Terrible People... This year I have finally had it up to my neck with y'all..
Re: . by queenfav(f): 12:58pm On Sep 30, 2020
pocohantas:
Majority are not wired to appreciate the sacrifices of their wives. However, they appreciate same when their mothers are the ones doing it.

Expecting any different is what leads women to heartbreak. Do your best and leave the rest.

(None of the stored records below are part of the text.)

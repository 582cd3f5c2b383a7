//! Plays a scenario from standard input, one statement a line, and prints every answer.

#![tactic(auto)]

mod at_hand;
mod held;
mod inaugurate;

use at_hand::AtHand;
use backbone::memory;
use std::io;
use std::io::{BufRead, BufReader};

fn main(rt: HostRuntime) -> anyhow::Result<()> {
    let heap = rt.alloc();
    let mut memory = memory(heap).map_err(io::Error::from)?;
    let mut at_hand = AtHand::new(heap, memory.as_mut_slice());
    let played = play_lines(&rt, &mut at_hand);
    at_hand.end();
    played
}

fn play_lines(rt: &HostRuntime, at_hand: &mut AtHand<'_>) -> anyhow::Result<()> {
    let heap = rt.alloc();
    for (number, line) in (1..u64::MAX).zip(BufReader::new(heap, rt.stdin())?.lines(heap)) {
        match line {
            Ok(text) => at_hand.play_line(rt, number, text.as_str())?,
            Err(error) if error.kind() == io::ErrorKind::InvalidData => {
                println!(rt; "line {number}: not text in UTF-8")?;
            }
            Err(error) => return Err(error.into()),
        }
    }
    Ok(())
}
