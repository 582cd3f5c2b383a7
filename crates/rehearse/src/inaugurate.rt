//! What the program says of the rows at hand and of their inauguration.

use crate::held::Held;
use composition::{Composition, Consist};
use directory::Directory;
use report::{Mac, Report};
use std::io;
use telling::tell_rows;

/// Puts the report in a row of words among the rows at hand.
pub fn hold_report(rt: &HostRuntime, held: &mut Held, words: &[u32]) -> io::Result<()> {
    match Report::read(words) {
        Ok(report) => match held.store(report) {
            Ok(count) => println!(rt; "held: {count}"),
            Err(full) => println!(rt; "held: refused {full}"),
        },
        Err(fault) => println!(rt; "held: refused {fault}"),
    }
}

/// Makes the true reports of a described train the rows at hand.
pub fn hold_train(rt: &HostRuntime, held: &mut Held, consists: &[Consist]) -> io::Result<()> {
    match Held::of_train(&Composition { consists }) {
        Ok(reports) => {
            *held = reports;
            let count = held.reports().len();
            println!(rt; "held: {count}")
        }
        Err(fault) => println!(rt; "held: no line: {fault}"),
    }
}

/// Inaugurates the rows at hand; an accepted directory is at hand from then on.
pub fn tell_inauguration(
    rt: &HostRuntime,
    held: &Held,
    own: Mac,
    directory: &mut Directory,
) -> io::Result<()> {
    match inauguration::inaugurate(own, held.reports()) {
        Ok(accepted) => {
            *directory = accepted;
            let counter = directory.counter();
            println!(rt; "inaugurate: counter {counter:08x}")?;
            tell_rows(rt, directory)
        }
        Err(refused) => println!(rt; "inaugurate: refused {refused}"),
    }
}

What man will be providing money and doing house chores while a woman lazies about? Show me that man and I will wake you up from a bad dream. grin grin

lol,real bad dream..And his co men are here calling the poor woman names.Women in Nigeria dey see something for marriage sha!On top suffer head.

5 Likes

Re: . by queenfav(f): 1:03pm On Sep 30, 2020
As for me @op.I think you should sit him down and tell him how you feel.Let him know you will walk if he doesn't make any moves to get something doing no matter how small.That may be the wake-up call or push he needs.

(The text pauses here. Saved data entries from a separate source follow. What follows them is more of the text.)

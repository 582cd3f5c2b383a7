//! What the statements so far have left at hand, and the statements played with it.

use crate::held::Held;
use crate::inaugurate::{hold_report, hold_train, tell_inauguration};
use any_plan::AnyPlan;
use backbone::{Nodes, OwnedCall, Unplayed};
use composition::Consist;
use directory::Directory;
use node::Answer;
use plan::Train;
use playing::Scene;
use replies::{tell_answer, tell_place};
use report::Report;
use scenario::{NoStatement, Statement};
use std::alloc::Global;
use std::io;
use telling::{tell_counter, tell_hello, tell_report, tell_train};

/// It can be let go only by `end`.
pub struct AtHand<'m> {
    described: Vec<Consist>,
    held: Held,
    directory: Directory,
    plan: AnyPlan,
    nodes: Nodes<'m>,
}

impl<'m> AtHand<'m> {
    /// As many nodes can start as there is memory for.
    pub fn new(heap: Global, memory: &'m mut [Report]) -> AtHand<'m> {
        AtHand {
            described: Vec::new(heap),
            held: Held::none(),
            directory: Directory::none(),
            plan: AnyPlan::Train(Train { backbone: 0 }),
            nodes: Nodes::none(heap, memory),
        }
    }

    /// The holds in hand go back to the nodes that granted them.
    pub fn end(self) {
        let AtHand {
            described: _,
            held: _,
            directory: _,
            plan: _,
            nodes,
        } = self;
        nodes.end();
    }

    /// Plays the statement of a line, or tells by its number why it cannot be played.
    pub fn play_line(&mut self, rt: &HostRuntime, number: u64, line: &str) -> io::Result<()> {
        match Statement::parse(rt.alloc(), line) {
            Ok(statement) => match self.play(rt, statement) {
                Ok(()) => Ok(()),
                Err(Unplayed::Io(error)) => Err(error),
                Err(Unplayed::OutOfMemory(error)) => Err(error.into()),
                Err(unplayed) => println!(rt; "line {number}: {unplayed}"),
            },
            Err(NoStatement::OutOfMemory(error)) => Err(error.into()),
            Err(NoStatement::Complaint(complaint)) => println!(rt; "line {number}: {complaint}"),
        }
    }

    fn play(&mut self, rt: &HostRuntime, statement: Statement) -> Result<(), Unplayed> {
        match statement {
            Statement::Nothing => {}
            Statement::Report(words) => tell_report(rt, words.as_slice())?,
            Statement::Counter(bytes) => tell_counter(rt, bytes.as_slice())?,
            Statement::Hello(frame) => tell_hello(rt, frame.as_slice())?,
            Statement::Consist(consist) => self.described.push(consist)?,
            Statement::Uncouple => self.described.clear(),
            Statement::Train => tell_train(rt, self.described.as_slice())?,
            Statement::Held(words) => hold_report(rt, &mut self.held, words.as_slice())?,
            Statement::HeldTrain => hold_train(rt, &mut self.held, self.described.as_slice())?,
            Statement::HeldNone => {
                self.held = Held::none();
                println!(rt; "held: 0")?;
            }
            Statement::Inaugurate(own) => {
                tell_inauguration(rt, &self.held, own, &mut self.directory)?;
            }
            Statement::Plan(plan) => {
                println!(rt; "plan: {plan}")?;
                self.plan = plan;
            }
            Statement::Place(place) => tell_place(rt, &self.plan, place)?,
            Statement::Address(device) => {
                self.ask(
                    rt,
                    OwnedCall::Address(device),
                    |directory, plan| -> Answer {
                        Answer::Address(addressing::address(directory, plan, device))
                    },
                )?;
            }
            Statement::Trace(address) => {
                self.ask(rt, OwnedCall::Trace(address), |directory, plan| -> Answer {
                    Answer::Traced(addressing::trace(directory, plan, address))
                })?;
            }
            Statement::Node(statement) => self.scene(rt).play(statement)?,
        }
        Ok(())
    }

    fn scene<'a>(&'a mut self, rt: &'a HostRuntime) -> Scene<'a, 'm> {
        Scene {
            rt,
            nodes: &mut self.nodes,
            plan: &self.plan,
        }
    }

    /// Asks the node that is spoken to; where no node has started, the answer of the directory at hand is told.
    fn ask<F>(&mut self, rt: &HostRuntime, call: OwnedCall, at_hand: F) -> Result<(), Unplayed>
    where
        F: FnOnce(&Directory, &AnyPlan) -> Answer,
        requires { F.IsAlwaysCallable at_hand }
    {
        if self.nodes.started().is_empty() {
            tell_answer(rt, "", at_hand(&self.directory, &self.plan), 0, &[])?;
            return Ok(());
        }
        self.scene(rt).ask(call)
    }
}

No matter what happens,I don't subscribe to you leaving your child.Haba! Leaving your child for who?Are you sure you carried that child for 9 months or someone dashed you the child?You are a mother,anywhere you go..Take your child with you! It's not even up for debate.

3 Likes

Re: . by Openbusiness: 1:05pm On Sep 30, 2020
queenfav:
Most of you are missing the point here...She has been supporting him financially, but the man in question isn't making any moves to better their situation.I think men get too comfortable when they know their wife is hardworking.They relax and let her become the man.Trust me it can be exhausting.Fact is this,any one can go down in life.The important thing is to try all you can not to stay down.That lack of effort is what makes a woman fed up.

I worked as a Matrimonial causes Mediator and I have seen so many cases like op's.He is depressed,he is sad..Yes!But will his family eat sadness?I believe God gave men one job..Provide for your family!A woman is already saddled with the rigours of childbearing, house chores and taking care of the home front.What the op wants to see is a little effort and reassurance that her man is making moves to get their lives back on track.


What woman will be happy taking her family to live with her aunty? Come on.. You all should stop saying a woman will announce it when she feeds a man for two days..Yes, it's not a woman's duty to provide.We only make money to support our men.

A man who lost his job should know that he needs to find something to do to at least get his family a new apartment.If her aunty kicks them out,what next?They will go get a space under Ikeja bridge then.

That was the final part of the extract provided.